# Addition and Subtraction of Integers

The origins of the symbols "+" and "-" to denote operations of addition and subtraction are mirky. It is very plausible that, like the ampesand "&", the plus symbol began as an abbreviation for the Latin et, and. But the Bakhshali Manuscript estimated to date at about third or fourth century A.D., used "+" for subtraction. Both symbols, with their now common meanings, first appeared in print in 1489, although the latin cross (a cross with one segment alongated) in a horizontal position was used by Fermat, Rolle, L'Hospital, and De Moivre as late as the eighteenth century.

Addition signifies joining two groups in counting or two measurements, say when two sticks are placed end to end. (In passing, the numbers added are both called addends, the result is the sum.) R. Aharoni observes that there are two different modes of addition: static and dynamic.

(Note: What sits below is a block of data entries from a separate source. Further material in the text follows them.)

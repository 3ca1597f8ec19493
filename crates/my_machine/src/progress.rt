//! How much of a call is done, and its steps until it stops.

ghost use Rattle.std.specs.Prelude.{◌≡◌, IfOk, OnOk, false, suc, true};
ghost use Rattle.my_machine.specs.Parts.{IsFirst};
ghost use Rattle.my_machine.specs.Runs.{EachRuns, IsSomewhere, parts_left};

use crate::part::{Part, part_at};
use crate::stand::Stand;
use crate::step::{Step, Stop};
use my_frame::NoMemory;
use my_grammar::Login;
use my_reading::Call;
use std::alloc::Global;

/// How much of a call is done.
#[derive(Clone, Copy)]
pub struct Progress {
    /// How many of its parts are done, or of those by which a transaction is rolled back that couldn't be committed.
    pub done: usize,
    /// Whether it is that rollback.
    pub reverting: bool,
}

impl Progress {
    /// Before its first part.
    pub fn first() -> Progress
        ensures { result ≡ record { done = 0; reverting = false } }
    {
        Progress {
            done: 0,
            reverting: false,
        }
    }

    /// The part that comes next.
    pub fn part(&self, login: &Login, call: &Call) -> Option<Part>
        ensures { IsFirst login.now call.now result (parts_left login.now call.now self.now) }
    {
        if self.reverting {
            return match self.done {
                0 => Some(Part::Undo),
                1 => Some(Part::Back),
                _ => None,
            };
        }
        part_at(login, call, self.done)
    }

    /// The part is done.
    pub fn pass(&mut self) -> Result<(), NoMemory>
        ensures { OnOk result (self.new ≡ record self.old { done = suc self.old.done }) }
    {
        match self.done.checked_add(1) {
            Some(done) => {
                self.done = done;
                Ok(())
            }
            None => Err(NoMemory),
        }
    }

    /// The transaction is rolled back, since it couldn't be committed.
    pub fn revert(&mut self)
        ensures { self.new ≡ record { done = 0; reverting = true } }
    {
        self.done = 0;
        self.reverting = true;
    }

    /// The steps of the call, until it stops.
    pub fn run(
        &mut self,
        alloc: Global,
        login: &Login,
        call: &Call,
        stand: &mut Stand,
    ) -> Result<Stop, NoMemory>
        requires { IsSomewhere login.now stand.old }
        ensures { IfOk result (λ stop.
            EachRuns login.now call.now self.old stand.old stop self.new stand.new) }
    {
        'steps: loop {
            let part = self.part(login, call);
            match stand.step(alloc, login, call, part)? {
                Step::Stays => continue,
                Step::Passes => self.pass()?,
                Step::Reverts => self.revert(),
                Step::Stops(stop) => return Ok(stop),
            }
        }
    }
}
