connect | @greeting turn @login_ok | @login, ok
prepare SELECT :a | turn @statement | @prepare, statement of a
columns || one
execute a=42 | turn @head @binary_row @null_row @end_5 | @execute, ok
columns || one
next || -, row
next || -, row
next || -, end
close || @close, ok

connect | @greeting turn @login_ok | @login, ok
prepare SELECT :a | turn @statement | @prepare, statement of a
execute a=42 | turn @head @binary_row @end | @execute, ok
prepare SELECT :a || -, statement of a
next || -, row
next || -, end

connect | @greeting turn @login_ok | @login, ok
prepare SELECT :a | turn @statement | @prepare, statement of a
execute a=42 | turn @ok | @execute, ok
columns || one
next || -, end

connect | @greeting turn @login_ok | @login, ok
prepare SELECT :a | turn @statement | @prepare, statement of a
close || @close, ok
prepare SELECT :a | turn @statement | @prepare, statement of a

connect | @greeting turn @login_ok | @login, ok
prepare SELECT :a | turn wait | @prepare, cancelled and closed
ping || -, error closed

connect | @greeting turn @login_ok | @login, ok
prepare SELECT :a | turn @prepared wait unread @column @field | @prepare, cancelled and closed
ping || -, error closed

connect | @greeting turn @login_ok | @login, ok
prepare SELECT :a | turn @statement | @prepare, statement of a
execute a=42 | turn wait | @execute, cancelled and closed
ping || -, error closed

connect | @greeting turn @login_ok | @login, ok
prepare SELECT :a | turn @statement accept=64 accept=13 wwait | @prepare, statement of a
close || -, cancelled and closed
ping || -, error closed

connect | @greeting turn @login_ok | @login, ok
2 prepare SELECT :a | turn wait @statement | @prepare, statement of a

connect | @greeting turn @login_ok | @login, ok
prepare SELECT :a | turn @err | @prepare, error 1064
ping | turn @ok | @ping, ok

connect | @greeting turn @login_ok | @login, ok
prepare SELECT :a, ? || -, error mixed
ping | turn @ok | @ping, ok

connect | @greeting turn @login_ok | @login, ok
prepare SELECT :a | turn @statement | @prepare, statement of a
columns || one
execute || -, error params
columns || none
ping || -, error closed

# batches

connect | @greeting turn @login_ok | @login, ok
prepare SELECT :a | turn @statement | @prepare, statement of a
batch a=42 a=42 | turn @head @binary_row @end turn @head @binary_row @end | @execute @execute, ok
columns || one
dirty || no
next || -, none
ping | turn @ok | @ping, ok

connect | @greeting turn @login_ok | @login, ok
prepare SELECT :a | turn @statement | @prepare, statement of a
execute a=42 | turn @head @binary_row @end | @execute, ok
batch a=42 a=42 | turn @ok turn @ok | @execute @execute, ok
ping | turn @ok | @ping, ok

connect | @greeting turn @login_ok | @login, ok
prepare SELECT :a | turn @statement | @prepare, statement of a
execute a=42 | turn @head @binary_row @end | @execute, ok
batch || -, ok
next || -, row
ping | turn @ok | @ping, ok

connect | @greeting turn @login_ok | @login, ok
prepare SELECT :a | turn @statement | @prepare, statement of a
batch || -, ok
ping | turn @ok | @ping, ok

connect | @greeting turn @login_ok | @login, ok
prepare SELECT :a | turn @statement | @prepare, statement of a
batch a=42 - | turn @ok | @execute, error params
ping || -, error closed

connect | @greeting turn @login_ok | @login, ok
prepare SELECT :a | turn @statement | @prepare, statement of a
batch a=42 a=42 | turn @ok turn @err | @execute @execute, error 1064
ping | turn @ok | @ping, ok

connect | @greeting turn @login_ok | @login, ok
prepare SELECT :a | turn @statement | @prepare, statement of a
2 batch a=42 a=42 | turn @ok turn wait @ok | @execute @execute, ok

connect | @greeting turn @login_ok | @login, ok
prepare SELECT :a | turn @statement | @prepare, statement of a
batch a=42 a=42 | turn @ok wait | @execute @execute, cancelled and closed
ping || -, error closed

connect | @greeting turn @login_ok | @login, ok
prepare SELECT :a | turn @statement | @prepare, statement of a
batch a=42 a=42 | turn @ok end | @execute @execute, error end
ping || -, error closed

# resets

connect | @greeting turn @login_ok | @login, ok
query SELECT 1 | turn @head @row @end | @select, ok
reset | turn @ok | @reset, ok
ping | turn @ok | @ping, ok

connect | @greeting turn @login_ok | @login, ok
prepare SELECT :a | turn @statement | @prepare, statement of a
execute a=42 | turn @head @binary_row @end | @execute, ok
reset | turn @ok | @reset, ok
columns || one
prepare SELECT :a | turn @statement | @prepare, statement of a

connect | @greeting_5_7_2 turn @login_ok | @login, ok
prepare SELECT :a | turn @statement | @prepare, statement of a
execute a=42 | turn @head @binary_row @end | @execute, ok
reset || -, none
prepare SELECT :a || -, statement of a
next || -, row
next || -, end
ping | turn @ok | @ping, ok

connect | @greeting turn @login_ok | @login, ok
reset | turn @err | @reset, error 1064
ping | turn @ok | @ping, ok

connect | @greeting turn @login_ok | @login, ok
query SELECT 1 | turn @head @row @more @err_5 | @select, ok
reset || -, error 1064
ping | turn @ok | @ping, ok

connect | @greeting turn @login_ok | @login, ok
reset | turn end | @reset, error end
reset || -, error closed
quit || -, ok

connect | @greeting turn @login_ok | @login, ok
2 reset | turn wait @ok | @reset, ok

connect | @greeting turn @login_ok | @login, ok
reset | turn wait | @reset, cancelled and closed
ping || -, error closed

connect | @greeting turn @login_ok | @login, ok
reset | turn accept=64 wwait | -, cancelled and closed
ping || -, error closed

connect | @greeting turn @login_ok | @login, ok
query SELECT 1 | turn @head wait unread @row @end | @select, ok
reset || -, cancelled and closed
ping || -, error closed

connect | @greeting turn @login_ok | @login, ok
0 reset || cancelled
ping | turn @ok | @ping, ok

# transactions

connect | @greeting turn @login_ok | @login, ok
begin | turn @ok | @begin, ok
forget || -, ok
query SELECT 1 | turn wait | @rollback, cancelled and closed
ping || -, error closed

connect | @greeting turn @login_ok | @login, ok
begin | turn @ok | @begin, ok
begin || -, error nested
ping | turn @ok | @ping, ok

connect | @greeting turn @login_ok | @login, ok
begin serializable read only with snapshot | turn @ok turn @ok turn @ok | @serializable @read_only @snapshot, ok

connect | @greeting turn @login_ok | @login, ok
begin serializable read only with snapshot | turn @err | @serializable, error 1064
ping | turn @ok | @ping, ok

connect | @greeting turn @login_ok | @login, ok
begin serializable read only with snapshot | turn @ok turn @err | @serializable @read_only, error 1064
ping | turn @ok | @ping, ok

connect | @greeting turn @login_ok | @login, ok
begin serializable read only with snapshot | turn @ok turn @ok turn @err | @serializable @read_only @snapshot, error 1064
dirty || no
ping | turn @ok | @ping, ok

connect | @greeting_5_6_4 turn @login_ok | @login, ok
begin serializable read only with snapshot || -, error read only
ping | turn @ok | @ping, ok

connect | @greeting turn @login_ok | @login, ok
begin | turn @ok | @begin, ok
dirty || yes
forget || -, ok
dirty || yes
rollback | turn @ok | @rollback, ok
dirty || no

connect | @greeting turn @login_ok | @login, ok
begin | turn @ok | @begin, ok
forget || -, ok
ping | turn @err | @rollback, error 1064
dirty || yes
ping | turn @ok turn @ok | @rollback @ping, ok

connect | @greeting turn @login_ok | @login, ok
begin | turn @ok | @begin, ok
rollback | turn @err | @rollback, error 1064
dirty || yes
ping | turn @ok turn @ok | @rollback @ping, ok

connect | @greeting turn @login_ok | @login, ok
begin | turn @ok | @begin, ok
commit | turn @ok | @commit, ok
dirty || no

connect | @greeting turn @login_ok | @login, ok
begin | turn @ok | @begin, ok
commit | turn @err turn @ok | @commit @rollback, error 1064
dirty || no
ping | turn @ok | @ping, ok

connect | @greeting turn @login_ok | @login, ok
begin | turn @ok | @begin, ok
commit | turn @err turn @err | @commit @rollback, error 1064
dirty || yes
ping | turn @ok turn @ok | @rollback @ping, ok

connect | @greeting turn @login_ok | @login, ok
begin | turn @ok | @begin, ok
commit | turn @err turn end | @commit @rollback, error end
ping || -, error closed

connect | @greeting turn @login_ok | @login, ok
begin | turn @ok | @begin, ok
commit | turn @err turn wait | @commit @rollback, cancelled and closed
ping || -, error closed

connect | @greeting turn @login_ok | @login, ok
begin | turn @ok | @begin, ok
commit | turn wait | @commit, cancelled and closed
ping || -, error closed

connect | @greeting turn @login_ok | @login, ok
begin | turn @ok | @begin, ok
commit | turn accept=64 accept=22 wwait | -, cancelled and closed
ping || -, error closed

connect | @greeting turn @login_ok | @login, ok
begin | turn @ok | @begin, ok
query SELECT 1 | turn @head @row @more @err_5 | @select, ok
commit | turn @ok | @rollback, error 1064
ping | turn @ok | @ping, ok

connect | @greeting turn @login_ok | @login, ok
begin | turn @ok | @begin, ok
query SELECT 1 | turn @head @row @end | @select, ok
rollback | turn @ok | @rollback, ok

connect | @greeting turn @login_ok | @login, ok
begin | turn @ok | @begin, ok
reset | turn @ok | @reset, ok
dirty || yes
begin || -, error nested
ping | turn @ok | @ping, ok

connect | @greeting turn @login_ok | @login, ok
prepare SELECT :a | turn @statement | @prepare, statement of a
begin | turn @ok | @begin, ok
forget || -, ok
batch a=42 a=42 | turn @ok turn @head @binary_row @end turn @ok | @rollback @execute @execute, ok

connect | @greeting turn @login_ok | @login, ok
forget || -, ok
dirty || no
ping | turn @ok | @ping, ok

connect | @greeting turn @login_ok | @login, ok
quit || @quit, ok
forget || -, ok
begin || -, error closed
rollback || -, error closed

connect | @greeting turn @login_ok | @login, ok
2 begin | turn wait @ok | @begin, ok

connect | @greeting turn @login_ok | @login, ok
begin | turn accept=64 wwait | -, cancelled and closed
ping || -, error closed

connect | @greeting turn @login_ok | @login, ok
begin serializable read only with snapshot | turn wait | @serializable, cancelled and closed
ping || -, error closed

connect | @greeting turn @login_ok | @login, ok
begin serializable read only with snapshot | turn @ok turn wait | @serializable @read_only, cancelled and closed
ping || -, error closed

connect | @greeting turn @login_ok | @login, ok
begin serializable read only with snapshot | turn @ok turn @ok turn wait | @serializable @read_only @snapshot, cancelled and closed
ping || -, error closed

connect | @greeting turn @login_ok | @login, ok
query SELECT 1 | turn @head wait unread @row @end | @select, ok
begin || -, cancelled and closed
ping || -, error closed

connect | @greeting turn @login_ok | @login, ok
begin | turn @ok | @begin, ok
rollback | turn wait | @rollback, cancelled and closed
ping || -, error closed

# changes of user

connect | @greeting turn @login_ok | @login, ok
user bob | turn @ok | @bob, ok
account || bob
ping | turn @ok | @ping, ok

connect | @greeting turn @login_ok | @login, ok
user bob secret shop | turn @ok | @bob_in_shop, ok
account || bob
ping | turn @ok | @ping, ok

connect | @greeting turn @login_ok | @login, ok
user bob | turn @err | @bob, error 1064
account || bob
ping | turn @ok | @ping, ok

connect | @greeting turn @login_ok | @login, ok
prepare SELECT :a | turn @statement | @prepare, statement of a
execute a=42 | turn @head @binary_row @end | @execute, ok
user bob | turn @ok | @bob, ok
columns || one
prepare SELECT :a | turn @statement | @prepare, statement of a

connect | @greeting turn @login_ok | @login, ok
begin | turn @ok | @begin, ok
forget || -, ok
user bob | turn @ok turn @ok | @rollback @bob, ok
dirty || no
ping | turn @ok | @ping, ok

connect | @greeting turn @login_ok | @login, ok
begin | turn @ok | @begin, ok
forget || -, ok
user bob | turn @ok turn @err | @rollback @bob, error 1064
ping | turn @ok | @ping, ok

Static situation Dynamic situation I have 5 hardcover and 3 papeback books. How many books do I have? I had 5 hardcover books and have bought 3 paperbacks. How many books do I now have?

The distinction between two modes of addition is important as it highlights the differences in meaning of the operation of subtraction. According to [Aharoni, p. 69] children find static subtraction difficult.

The static situation is best suitable for the introduction of the commutativity of addition, the dynamic for the introduction of the associativity.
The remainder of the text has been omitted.